- Task to complete
Transcribe the records word for word, leaving nothing out.

= = = = = = =

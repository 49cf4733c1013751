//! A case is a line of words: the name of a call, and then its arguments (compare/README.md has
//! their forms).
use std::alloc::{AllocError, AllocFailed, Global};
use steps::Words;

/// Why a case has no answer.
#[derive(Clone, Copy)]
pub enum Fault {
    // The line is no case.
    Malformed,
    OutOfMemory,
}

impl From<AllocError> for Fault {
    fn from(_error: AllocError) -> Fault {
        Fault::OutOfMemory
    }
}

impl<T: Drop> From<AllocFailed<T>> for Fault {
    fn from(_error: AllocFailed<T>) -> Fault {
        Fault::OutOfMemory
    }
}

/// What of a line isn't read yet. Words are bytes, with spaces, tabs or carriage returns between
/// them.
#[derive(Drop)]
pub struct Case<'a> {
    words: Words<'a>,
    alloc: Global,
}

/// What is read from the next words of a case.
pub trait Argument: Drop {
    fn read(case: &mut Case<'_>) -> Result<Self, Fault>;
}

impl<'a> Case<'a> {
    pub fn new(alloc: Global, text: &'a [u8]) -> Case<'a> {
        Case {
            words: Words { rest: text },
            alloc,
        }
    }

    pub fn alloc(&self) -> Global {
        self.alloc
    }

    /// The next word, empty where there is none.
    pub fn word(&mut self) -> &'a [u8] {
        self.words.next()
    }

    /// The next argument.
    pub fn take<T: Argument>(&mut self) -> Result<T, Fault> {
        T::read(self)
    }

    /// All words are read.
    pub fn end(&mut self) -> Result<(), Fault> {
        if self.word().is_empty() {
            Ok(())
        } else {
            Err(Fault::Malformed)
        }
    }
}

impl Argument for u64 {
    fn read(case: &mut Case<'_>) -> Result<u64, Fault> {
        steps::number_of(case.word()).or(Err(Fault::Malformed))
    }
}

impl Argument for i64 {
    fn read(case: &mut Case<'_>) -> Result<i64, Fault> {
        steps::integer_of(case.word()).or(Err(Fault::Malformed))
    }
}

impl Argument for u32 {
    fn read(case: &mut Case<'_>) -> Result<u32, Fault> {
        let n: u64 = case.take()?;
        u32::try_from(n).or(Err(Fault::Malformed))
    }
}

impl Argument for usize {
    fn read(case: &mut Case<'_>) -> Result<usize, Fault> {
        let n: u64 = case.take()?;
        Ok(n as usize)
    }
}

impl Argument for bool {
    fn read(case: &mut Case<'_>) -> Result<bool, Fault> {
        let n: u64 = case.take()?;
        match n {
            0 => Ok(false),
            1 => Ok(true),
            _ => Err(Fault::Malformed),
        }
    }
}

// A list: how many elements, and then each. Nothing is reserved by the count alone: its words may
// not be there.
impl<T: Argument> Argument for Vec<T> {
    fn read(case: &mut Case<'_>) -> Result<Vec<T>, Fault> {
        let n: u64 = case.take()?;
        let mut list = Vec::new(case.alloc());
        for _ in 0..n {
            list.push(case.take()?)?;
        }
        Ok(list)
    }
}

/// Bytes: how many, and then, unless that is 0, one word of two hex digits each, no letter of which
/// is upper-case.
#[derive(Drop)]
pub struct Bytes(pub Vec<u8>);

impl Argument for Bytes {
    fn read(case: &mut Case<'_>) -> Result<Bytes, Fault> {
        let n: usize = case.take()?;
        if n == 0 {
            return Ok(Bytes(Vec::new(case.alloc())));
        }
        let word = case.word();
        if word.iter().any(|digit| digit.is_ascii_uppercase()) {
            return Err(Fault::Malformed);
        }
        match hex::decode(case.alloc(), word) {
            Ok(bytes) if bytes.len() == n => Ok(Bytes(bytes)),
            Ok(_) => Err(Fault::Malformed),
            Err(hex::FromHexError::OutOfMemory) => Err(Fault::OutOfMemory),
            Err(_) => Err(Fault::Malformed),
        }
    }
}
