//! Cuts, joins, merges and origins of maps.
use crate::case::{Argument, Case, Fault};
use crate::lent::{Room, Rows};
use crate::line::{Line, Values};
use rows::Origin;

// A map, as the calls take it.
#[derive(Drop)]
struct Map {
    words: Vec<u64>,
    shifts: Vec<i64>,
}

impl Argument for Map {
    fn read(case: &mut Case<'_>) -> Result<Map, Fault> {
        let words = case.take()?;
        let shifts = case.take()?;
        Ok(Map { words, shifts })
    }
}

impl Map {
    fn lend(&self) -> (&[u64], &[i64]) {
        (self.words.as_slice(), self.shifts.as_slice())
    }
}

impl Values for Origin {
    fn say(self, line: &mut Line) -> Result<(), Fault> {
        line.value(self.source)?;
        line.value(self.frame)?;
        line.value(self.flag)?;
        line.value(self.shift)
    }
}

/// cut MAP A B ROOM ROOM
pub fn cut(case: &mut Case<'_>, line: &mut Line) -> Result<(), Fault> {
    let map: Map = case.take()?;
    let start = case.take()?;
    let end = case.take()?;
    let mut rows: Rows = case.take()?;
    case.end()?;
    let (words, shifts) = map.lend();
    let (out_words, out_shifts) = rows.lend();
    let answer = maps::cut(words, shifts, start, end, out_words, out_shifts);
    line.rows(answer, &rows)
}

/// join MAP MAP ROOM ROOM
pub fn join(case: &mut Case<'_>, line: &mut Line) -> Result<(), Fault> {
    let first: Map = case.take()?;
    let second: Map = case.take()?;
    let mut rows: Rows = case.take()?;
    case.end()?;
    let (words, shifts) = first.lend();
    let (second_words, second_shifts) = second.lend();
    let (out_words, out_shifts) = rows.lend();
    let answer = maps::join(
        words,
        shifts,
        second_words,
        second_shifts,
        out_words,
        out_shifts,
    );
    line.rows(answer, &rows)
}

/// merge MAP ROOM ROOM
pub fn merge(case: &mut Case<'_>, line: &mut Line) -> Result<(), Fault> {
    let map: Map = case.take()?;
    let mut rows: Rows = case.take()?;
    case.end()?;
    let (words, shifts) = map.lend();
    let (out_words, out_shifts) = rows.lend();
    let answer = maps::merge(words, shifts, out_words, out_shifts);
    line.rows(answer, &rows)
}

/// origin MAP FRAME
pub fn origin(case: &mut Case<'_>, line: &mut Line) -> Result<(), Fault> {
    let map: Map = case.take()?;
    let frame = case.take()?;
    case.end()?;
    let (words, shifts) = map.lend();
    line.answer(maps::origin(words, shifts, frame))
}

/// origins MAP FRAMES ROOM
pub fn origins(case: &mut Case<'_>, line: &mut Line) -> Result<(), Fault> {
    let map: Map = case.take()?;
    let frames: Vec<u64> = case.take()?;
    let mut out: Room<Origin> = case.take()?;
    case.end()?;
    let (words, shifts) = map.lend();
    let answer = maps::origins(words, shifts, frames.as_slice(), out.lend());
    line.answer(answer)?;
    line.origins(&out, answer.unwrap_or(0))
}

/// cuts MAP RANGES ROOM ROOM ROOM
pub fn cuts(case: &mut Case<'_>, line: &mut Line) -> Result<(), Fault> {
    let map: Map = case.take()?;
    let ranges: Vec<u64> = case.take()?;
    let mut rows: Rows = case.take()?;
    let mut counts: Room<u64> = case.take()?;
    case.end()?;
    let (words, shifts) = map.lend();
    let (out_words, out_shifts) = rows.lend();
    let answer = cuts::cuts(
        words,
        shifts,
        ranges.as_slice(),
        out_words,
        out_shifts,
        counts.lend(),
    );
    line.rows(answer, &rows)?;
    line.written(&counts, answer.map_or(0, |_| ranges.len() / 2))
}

= = = = = = =

- Output
repository 49cf4733c1013751
//! A case is a line of words: the name of a call, and then its arguments (compare/README.md has
//! their forms).
use std::alloc::{AllocError, AllocFailed, Global};
use steps::Words;

/// Why a case has no answer.
#[derive(Clone, Copy)]
pub enum Fault {
    // The line is no case.
    Malformed,
    OutOfMemory,
}

impl From<AllocError> for Fault {
    fn from(_error: AllocError) -> Fault {
        Fault::OutOfMemory
    }
}

impl<T: Drop> From<AllocFailed<T>> for Fault {
    fn from(_error: AllocFailed<T>) -> Fault {
        Fault::OutOfMemory
    }
}

/// What of a line isn't read yet. Words are bytes, with spaces, tabs or carriage returns between
/// them.
#[derive(Drop)]
pub struct Case<'a> {
    words: Words<'a>,
    alloc: Global,
}

/// What is read from the next words of a case.
pub trait Argument: Drop {
    fn read(case: &mut Case<'_>) -> Result<Self, Fault>;
}

impl<'a> Case<'a> {
    pub fn new(alloc: Global, text: &'a [u8]) -> Case<'a> {
        Case {
            words: Words { rest: text },
            alloc,
        }
    }

    pub fn alloc(&self) -> Global {
        self.alloc
    }

    /// The next word, empty where there is none.
    pub fn word(&mut self) -> &'a [u8] {
        self.words.next()
    }

    /// The next argument.
    pub fn take<T: Argument>(&mut self) -> Result<T, Fault> {
        T::read(self)
    }

    /// All words are read.
    pub fn end(&mut self) -> Result<(), Fault> {
        if self.word().is_empty() {
            Ok(())
        } else {
            Err(Fault::Malformed)
        }
    }
}

impl Argument for u64 {
    fn read(case: &mut Case<'_>) -> Result<u64, Fault> {
        steps::number_of(case.word()).or(Err(Fault::Malformed))
    }
}

impl Argument for i64 {
    fn read(case: &mut Case<'_>) -> Result<i64, Fault> {
        steps::integer_of(case.word()).or(Err(Fault::Malformed))
    }
}

impl Argument for u32 {
    fn read(case: &mut Case<'_>) -> Result<u32, Fault> {
        let n: u64 = case.take()?;
        u32::try_from(n).or(Err(Fault::Malformed))
    }
}

impl Argument for usize {
    fn read(case: &mut Case<'_>) -> Result<usize, Fault> {
        let n: u64 = case.take()?;
        Ok(n as usize)
    }
}

impl Argument for bool {
    fn read(case: &mut Case<'_>) -> Result<bool, Fault> {
        let n: u64 = case.take()?;
        match n {
            0 => Ok(false),
            1 => Ok(true),
            _ => Err(Fault::Malformed),
        }
    }
}

// A list: how many elements, and then each. Nothing is reserved by the count alone: its words may
// not be there.
impl<T: Argument> Argument for Vec<T> {
    fn read(case: &mut Case<'_>) -> Result<Vec<T>, Fault> {
        let n: u64 = case.take()?;
        let mut list = Vec::new(case.alloc());
        for _ in 0..n {
            list.push(case.take()?)?;
        }
        Ok(list)
    }
}

/// Bytes: how many, and then, unless that is 0, one word of two hex digits each, no letter of which
/// is upper-case.
#[derive(Drop)]
pub struct Bytes(pub Vec<u8>);

impl Argument for Bytes {
    fn read(case: &mut Case<'_>) -> Result<Bytes, Fault> {
        let n: usize = case.take()?;
        if n == 0 {
            return Ok(Bytes(Vec::new(case.alloc())));
        }
        let word = case.word();
        if word.iter().any(|digit| digit.is_ascii_uppercase()) {
            return Err(Fault::Malformed);
        }
        match hex::decode(case.alloc(), word) {
            Ok(bytes) if bytes.len() == n => Ok(Bytes(bytes)),
            Ok(_) => Err(Fault::Malformed),
            Err(hex::FromHexError::OutOfMemory) => Err(Fault::OutOfMemory),
            Err(_) => Err(Fault::Malformed),
        }
    }
}
//! Cuts, joins, merges and origins of maps.
use crate::case::{Argument, Case, Fault};
use crate::lent::{Room, Rows};
use crate::line::{Line, Values};
use rows::Origin;

// A map, as the calls take it.
#[derive(Drop)]
struct Map {
    words: Vec<u64>,
    shifts: Vec<i64>,
}

impl Argument for Map {
    fn read(case: &mut Case<'_>) -> Result<Map, Fault> {
        let words = case.take()?;
        let shifts = case.take()?;
        Ok(Map { words, shifts })
    }
}

impl Map {
    fn lend(&self) -> (&[u64], &[i64]) {
        (self.words.as_slice(), self.shifts.as_slice())
    }
}

impl Values for Origin {
    fn say(self, line: &mut Line) -> Result<(), Fault> {
        line.value(self.source)?;
        line.value(self.frame)?;
        line.value(self.flag)?;
        line.value(self.shift)
    }
}

/// cut MAP A B ROOM ROOM
pub fn cut(case: &mut Case<'_>, line: &mut Line) -> Result<(), Fault> {
    let map: Map = case.take()?;
    let start = case.take()?;
    let end = case.take()?;
    let mut rows: Rows = case.take()?;
    case.end()?;
    let (words, shifts) = map.lend();
    let (out_words, out_shifts) = rows.lend();
    let answer = maps::cut(words, shifts, start, end, out_words, out_shifts);
    line.rows(answer, &rows)
}

/// join MAP MAP ROOM ROOM
pub fn join(case: &mut Case<'_>, line: &mut Line) -> Result<(), Fault> {
    let first: Map = case.take()?;
    let second: Map = case.take()?;
    let mut rows: Rows = case.take()?;
    case.end()?;
    let (words, shifts) = first.lend();
    let (second_words, second_shifts) = second.lend();
    let (out_words, out_shifts) = rows.lend();
    let answer = maps::join(
        words,
        shifts,
        second_words,
        second_shifts,
        out_words,
        out_shifts,
    );
    line.rows(answer, &rows)
}

/// merge MAP ROOM ROOM
pub fn merge(case: &mut Case<'_>, line: &mut Line) -> Result<(), Fault> {
    let map: Map = case.take()?;
    let mut rows: Rows = case.take()?;
    case.end()?;
    let (words, shifts) = map.lend();
    let (out_words, out_shifts) = rows.lend();
    let answer = maps::merge(words, shifts, out_words, out_shifts);
    line.rows(answer, &rows)
}

/// origin MAP FRAME
pub fn origin(case: &mut Case<'_>, line: &mut Line) -> Result<(), Fault> {
    let map: Map = case.take()?;
    let frame = case.take()?;
    case.end()?;
    let (words, shifts) = map.lend();
    line.answer(maps::origin(words, shifts, frame))
}

/// origins MAP FRAMES ROOM
pub fn origins(case: &mut Case<'_>, line: &mut Line) -> Result<(), Fault> {
    let map: Map = case.take()?;
    let frames: Vec<u64> = case.take()?;
    let mut out: Room<Origin> = case.take()?;
    case.end()?;
    let (words, shifts) = map.lend();
    let answer = maps::origins(words, shifts, frames.as_slice(), out.lend());
    line.answer(answer)?;
    line.origins(&out, answer.unwrap_or(0))
}

/// cuts MAP RANGES ROOM ROOM ROOM
pub fn cuts(case: &mut Case<'_>, line: &mut Line) -> Result<(), Fault> {
    let map: Map = case.take()?;
    let ranges: Vec<u64> = case.take()?;
    let mut rows: Rows = case.take()?;
    let mut counts: Room<u64> = case.take()?;
    case.end()?;
    let (words, shifts) = map.lend();
    let (out_words, out_shifts) = rows.lend();
    let answer = cuts::cuts(
        words,
        shifts,
        ranges.as_slice(),
        out_words,
        out_shifts,
        counts.lend(),
    );
    line.rows(answer, &rows)?;
    line.written(&counts, answer.map_or(0, |_| ranges.len() / 2))
}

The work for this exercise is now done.